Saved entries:
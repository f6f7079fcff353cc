//! Runs of scans of inline HTML.
ghost use Rattle.std.specs.Prelude.{◌≡◌, ◌≤◌, ◌<◌, ◌+◌, ◌*◌, length, take, IfOk, OnErr};
ghost use Rattle.markdown_scanners_tree.specs.inline_html.run.Passed.{bytes_passed};
ghost use Rattle.markdown_scanners_tree.specs.inline_html.run.Run.{new_run, run_stop};
ghost use Rattle.markdown_scanners_c.specs.Runs.{end_number, stop_status, run_ends, AreNumbersWritten, IsHtmlRun};

use crate::status::{INSIDE_FIND, NO_MEMORY, NO_OPENER, NONE, NOT_RISING, OK, TOO_SHORT};
use markdown_scanners_tree::inline_html::{HtmlStop, run_inline_html};
use std::alloc::{AllocError, Global};

/// `struct mds_html_run` of C: how many ends a run found.
#[repr(C)]
pub struct HtmlEnds {
    pub status: u32,
    pub count: usize,
}

/// Writes the ends of what begins at the offsets in turn. (CommonMark 0.31.2, section 6.6)
#[unsafe(no_mangle)]
pub extern "C" fn mds_run_inline_html(
    alloc: Global,
    bytes: &[u8],
    offsets: &[usize],
    ends: &mut [usize],
) -> HtmlEnds
    ensures run { IsHtmlRun bytes.now offsets.now ends.old ends.new result }
    ensures budget { bytes_passed bytes.now (take result.count offsets.now)
        ≤ 4 * length bytes.now + 8 * result.count }
    ensures room { result.count ≤ length offsets.now }
{
    match ends_of(alloc, bytes, offsets) {
        Ok((found, done)) => HtmlEnds {
            status: write_numbers(&found, ends, done),
            count: found.len(),
        },
        Err(_) => HtmlEnds {
            status: NO_MEMORY,
            count: 0,
        },
    }
}

// Writes all numbers where they fit, and answers the status.
#[tactic(auto, unfolding(crate::specs::Runs::AreNumbersWritten))]
fn write_numbers(numbers: &[usize], buffer: &mut [usize], done: u32) -> u32
    ensures { AreNumbersWritten numbers.now buffer.old buffer.new done result }
{
    if numbers.len() > buffer.len() {
        return TOO_SHORT;
    }
    buffer[..numbers.len()].copy_from_slice(numbers);
    done
}

// The ends that are found at the offsets in turn, and the reason why one is refused, if one is.
fn ends_of(alloc: Global, bytes: &[u8], offsets: &[usize]) -> Result<(Vec<usize>, u32), AllocError>
    ensures ends { IfOk result (λ r. r.0.items ≡ run_ends bytes.now offsets.now) }
    ensures status { IfOk result (λ r. r.1
        ≡ stop_status (run_stop (new_run bytes.now) 0 offsets.now)) }
    ensures budget { IfOk result (λ r. bytes_passed bytes.now (take (length r.0.items) offsets.now)
        ≤ 4 * length bytes.now + 8 * length r.0.items) }
    ensures count { IfOk result (λ r. length r.0.items ≤ length offsets.now) }
    ensures asked { OnErr result (0 < length (run_ends bytes.now offsets.now)) }
{
    let run = run_inline_html(alloc, bytes, offsets)?;
    if run.answers.is_empty() {
        return Ok((Vec::new(alloc), status_of(&run.stop)));
    }
    let ends: Vec<usize> = run
        .answers
        .iter()
        .map(|answer| end_of(*answer))
        .collect(alloc)?;
    Ok((ends, status_of(&run.stop)))
}

// An end as C has it.
fn end_of(found: Option<usize>) -> usize
    ensures { result ≡ end_number found }
{
    found.unwrap_or(NONE)
}

// The status of a run that stopped so.
fn status_of(stop: &Option<(usize, HtmlStop)>) -> u32
    ensures { result ≡ stop_status stop.now }
{
    match stop {
        None => OK,
        Some((_, HtmlStop::NoOpener)) => NO_OPENER,
        Some((_, HtmlStop::NotRising)) => NOT_RISING,
        Some((_, HtmlStop::InsideFind)) => INSIDE_FIND,
    }
}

What to produce: Taking the records above, retype every line from the one with "if numbers.len() >" down to the one with "refused, if one is.", exactly and with nothing else.

Finished exercise:
    if numbers.len() > buffer.len() {
        return TOO_SHORT;
    }
    buffer[..numbers.len()].copy_from_slice(numbers);
    done
}

// The ends that are found at the offsets in turn, and the reason why one is refused, if one is.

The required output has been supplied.